Amaranth – My #1 Survival Crop

Just joined yesterday and wanted to contribute.  I’m a long time prepper, living in north Mississippi.  I love to garden.  I live on a 20 acre farmstead where we have 4 horses and 9 dogs.  My orchard has over 150 trees… mostly apples with some peaches.  I also grow blackberries, blueberries & muscadine grapes.  I am by no means self sufficient but most of what I grow is what we like to eat & what I would grow in a crisis, if I did ever have to become self sufficient.
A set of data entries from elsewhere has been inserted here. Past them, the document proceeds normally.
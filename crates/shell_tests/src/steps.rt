//! A gate that counts the steps of actors.

use section_workers::{Actor, Gate};
use std::sync::atomic::{AtomicU64, Ordering};

/// How many steps each of five actors made, and how many steps had another number than those before
/// it.
#[derive(Drop)]
pub(crate) struct Steps {
    first_editor: AtomicU64,
    second_editor: AtomicU64,
    feeder: AtomicU64,
    first_reader: AtomicU64,
    second_reader: AtomicU64,
    wrong: AtomicU64,
}

impl Steps {
    pub(crate) fn new() -> Steps {
        Steps {
            first_editor: AtomicU64::new(0),
            second_editor: AtomicU64::new(0),
            feeder: AtomicU64::new(0),
            first_reader: AtomicU64::new(0),
            second_reader: AtomicU64::new(0),
            wrong: AtomicU64::new(0),
        }
    }

    /// Counts a step of one actor, whose number should be that of those before it.
    fn count(&self, own: &AtomicU64, step: u32) {
        if own.fetch_add(1, Ordering::SeqCst) != u64::from(step) {
            self.wrong.fetch_add(1, Ordering::SeqCst);
        }
    }

    /// The steps of the two editors, of the feeder, of the two readers, and those that were wrong.
    pub(crate) fn all(&self) -> [u64; 6] {
        [
            self.first_editor.load(Ordering::SeqCst),
            self.second_editor.load(Ordering::SeqCst),
            self.feeder.load(Ordering::SeqCst),
            self.first_reader.load(Ordering::SeqCst),
            self.second_reader.load(Ordering::SeqCst),
            self.wrong.load(Ordering::SeqCst),
        ]
    }
}

impl Gate for Steps {
    fn pass(&self, actor: Actor, step: u32) {
        match actor {
            Actor::Editor(1) => self.count(&self.first_editor, step),
            Actor::Editor(2) => self.count(&self.second_editor, step),
            Actor::Feeder => self.count(&self.feeder, step),
            Actor::Reader(1) => self.count(&self.first_reader, step),
            Actor::Reader(2) => self.count(&self.second_reader, step),
            Actor::Worker(_) => {}
            _ => {
                self.wrong.fetch_add(1, Ordering::SeqCst);
            }
        }
    }
}
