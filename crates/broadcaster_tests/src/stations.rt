ghost use Rattle.std.specs.Prelude.{◌≡◌, ◌≤◌};
ghost use Rattle.std.specs.List.{All};
ghost use Rattle.station.specs.Passes.{IsStationPass};

use cycle_planner::{GREATEST_ID, Weigh};
use generation_catalogue::{Batch, Catalogue, CommitFault, DrawFault, Entry, Journal, Refusal};
use oc_bytes::{Blob, NoMemory};
use path_tree::{Edit, EditFault, Edits, Path};
use station::{Pass, Station};
use std::alloc::Global;
use std::sync::{Mutex, Wait};
use std::test::Fail;
use std::thread;
use std::thread::Threads;

/// What a call was answered: a generation's number, that the first edit removes no file, or what was drawn.
#[derive(Clone, Copy, PartialEq, Eq)]
enum Answer {
    Accepted(u64),
    NoSuchFile,
    Drawn(u64, u64, usize),
    Other,
}

/// One call: the number of its pass, and its answer.
#[derive(Clone, Copy, PartialEq, Eq)]
struct Note {
    by: u32,
    answer: Answer,
}

/// The edits of one commit.
#[derive(Clone, Copy)]
enum Change {
    Nothing,
    PutFile,
    RemoveFile,
}

/// How often each pass makes its call: an editor commits this change, and the pass after the editors' draws.
#[derive(Clone, Copy)]
struct Work {
    change: Change,
    times: u32,
    editors: u32,
}

fn edits_of(alloc: Global, change: Change) -> Option<Vec<Edit>> {
    let path = Path::parse(alloc, b"/x").ok()?;
    let mut edits = Vec::new(alloc);
    match change {
        Change::Nothing => {}
        Change::PutFile => {
            let content = Blob::new(alloc, vec![in alloc; 1].ok()?).ok()?;
            edits.push(Edit::Put(path, content)).ok()?;
        }
        Change::RemoveFile => edits.push(Edit::Remove(path)).ok()?,
    }
    Some(edits)
}

fn of_commit(answer: Result<u64, CommitFault>) -> Answer {
    match answer {
        Ok(number) => Answer::Accepted(number),
        Err(CommitFault::Refused(Refusal::Edit(0, EditFault::NoSuchFile))) => Answer::NoSuchFile,
        Err(_) => Answer::Other,
    }
}

fn of_draw(answer: Result<Batch, DrawFault>) -> Answer {
    match answer {
        Ok(batch) => Answer::Drawn(batch.generation.number(), batch.first, batch.items.len()),
        Err(_) => Answer::Other,
    }
}

/// One call of a pass: an editor commits, and the feeder draws.
fn call<R: Wait>(
    rt: &R,
    alloc: Global,
    station: &Station,
    pass: &mut Pass,
    work: Work,
) -> Option<Answer>
    requires { IsStationPass station.now pass.old }
    ensures { IsStationPass station.now pass.new }
{
    if pass.number() < work.editors {
        let edits = edits_of(alloc, work.change)?;
        return Some(of_commit(station.commit(rt, pass, edits)));
    }
    Some(of_draw(station.draw(rt, pass, 1)))
}

/// A pass at work. Each answer is noted; one for which there is no memory is missed later.
fn act<R: Wait>(
    rt: &R,
    alloc: Global,
    station: &Station,
    pass: &mut Pass,
    work: Work,
    notes: &Mutex<Vec<Note>>,
)
    requires { IsStationPass station.now pass.old }
    ensures { IsStationPass station.now pass.new }
{
    let by = pass.number();
    for _ in 0..work.times {
        if let Some(answer) = call(rt, alloc, station, pass, work) {
            let _noted = notes.lock(rt).push(Note { by, answer });
        }
    }
}

/// Each pass is at work in a thread of its own.
fn act_all<R: Threads + Wait + Sync>(
    rt: &R,
    alloc: Global,
    station: &Station,
    passes: &mut [Pass],
    work: Work,
    notes: &Mutex<Vec<Note>>,
)
    requires { All (IsStationPass station.now) passes.old }
    ensures { All (IsStationPass station.now) passes.new }
{
    thread::for_each_mut(
        rt,
        passes,
        9,
        &|_: usize, pass: &mut Pass|
            requires { IsStationPass station.now pass.now }
            ensures { IsStationPass station.entry.now pass.exit.now }
        { act(rt, alloc, station, pass, work, notes) },
    );
}

/// A station's whole life: all its passes are at this work, and then at that. The answers are noted. Each module weighs 1.
fn live<R: Threads + Wait + Sync>(
    rt: &R,
    alloc: Global,
    work: Work,
    then: Work,
    notes: &Mutex<Vec<Note>>,
) -> Result<Journal, NoMemory>
    requires { work.editors ≤ 64 }
{
    let call = Box::new(
        alloc,
        |_id: u16| -> u8
            ensures { result ≡ 1 }
        { 1 },
    )?;
    let weigh = Weigh::new([1; GREATEST_ID], call);
    let (station, mut passes) = Station::new(alloc, work.editors, 7, weigh)?;
    let lent = passes.as_mut_slice();
    act_all(rt, alloc, &station, lent, work, notes);
    act_all(rt, alloc, &station, lent, then, notes);
    let (journal, _weigh) = station.close(passes).into_parts();
    Ok(journal)
}

/// The same edits again.
fn copy(alloc: Global, edits: &Edits) -> Result<Vec<Edit>, NoMemory> {
    let mut copies = Vec::new(alloc);
    for edit in edits.list() {
        copies.push(edit.share()?)?;
    }
    Ok(copies)
}

/// What a catalogue of its own answers to the calls of these entries.
fn replay(alloc: Global, entries: &[Entry], feeder: u32) -> Result<Vec<Note>, NoMemory> {
    let call = Box::new(
        alloc,
        |_id: u16| -> u8
            ensures { result ≡ 1 }
        { 1 },
    )?;
    let weigh = Weigh::new([1; GREATEST_ID], call);
    let mut catalogue = Catalogue::new(alloc, 7, weigh)?;
    let mut notes = Vec::new(alloc);
    for entry in entries {
        notes.push(match entry {
            Entry::Commit { editor, edits, .. } => Note {
                by: *editor,
                answer: of_commit(catalogue.commit(*editor, copy(alloc, edits)?)),
            },
            Entry::Draw { .. } => Note {
                by: feeder,
                answer: of_draw(catalogue.draw(1)),
            },
        })?;
    }
    Ok(notes)
}

/// The notes by their passes, those of one pass in order.
fn sorted(mut notes: Vec<Note>) -> Result<Vec<Note>, NoMemory> {
    notes.sort_by_key(|note| note.by)?;
    Ok(notes)
}

/// Whether each pass was answered, in its order, what the entries replay to.
fn is_replayed(
    alloc: Global,
    entries: &[Entry],
    notes: Vec<Note>,
    feeder: u32,
) -> Result<bool, NoMemory> {
    let replayed = replay(alloc, entries, feeder)?;
    Ok(sorted(notes)?.as_slice() == sorted(replayed)?.as_slice())
}

/// Whether one pass removed the file, in generation 3, and the other found none.
fn is_removed(notes: &[Note], by: u32, too_late: u32) -> bool {
    let removed = Note {
        by,
        answer: Answer::Accepted(3),
    };
    let missing = Note {
        by: too_late,
        answer: Answer::NoSuchFile,
    };
    notes.contains(&removed) && notes.contains(&missing)
}

#[test]
fn of_two_removals_of_one_file_one_is_accepted(rt: HostRuntime) -> Result<(), Fail> {
    let alloc = rt.alloc();
    let notes = Mutex::new(Vec::new(alloc));
    let put = Work {
        change: Change::PutFile,
        times: 1,
        editors: 2,
    };
    let remove = Work {
        change: Change::RemoveFile,
        times: 1,
        editors: 2,
    };
    let journal = live(&rt, alloc, put, remove, &notes)?;
    let notes = notes.into_inner();
    assert!(rt; notes.len() == 6 && journal.entries().len() == 6);
    assert!(rt; is_removed(&notes, 0, 1) || is_removed(&notes, 1, 0));
    assert!(rt; is_replayed(alloc, journal.entries(), notes, 2)?);
    Ok(())
}

#[test]
fn the_entries_of_nine_threads_replay(rt: HostRuntime) -> Result<(), Fail> {
    let alloc = rt.alloc();
    let notes = Mutex::new(Vec::new(alloc));
    let work = Work {
        change: Change::Nothing,
        times: 500,
        editors: 8,
    };
    let journal = live(&rt, alloc, work, work, &notes)?;
    let notes = notes.into_inner();
    assert!(rt; notes.len() == 9000 && journal.entries().len() == 9000);
    assert_eq!(rt; journal.current().number(), 8000);
    assert!(rt; is_replayed(alloc, journal.entries(), notes, 8)?);
    Ok(())
}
IMO, the #1 survival crop is amaranth. It is easy to grow, as for some it is a weed (Pigweed, Palmer amaranth). It handles drought extremely well & needs little, if any fertilizer.  Farmers struggle to get rid of it. It was a staple food item of the Aztecs & Incas. It is a dual use plant, in that you can eat the leaves & young stems, plus each plant can produce up to a pound of nutritious seed that can be ground into flour or made into porridge. It is considered a super food, as it is absolutely loaded with protein, fiber, vitamins & minerals. The plants can grow up to 10′ tall. It loves the hot weather and in my garden, I grow it as a summer green. You can use it in most any recipe for spinach or greens.  IMO, greens are great crops for survival so I grow them the whole growing season.  In cool season I grow collards & kale.  In the summer, I grow amaranth.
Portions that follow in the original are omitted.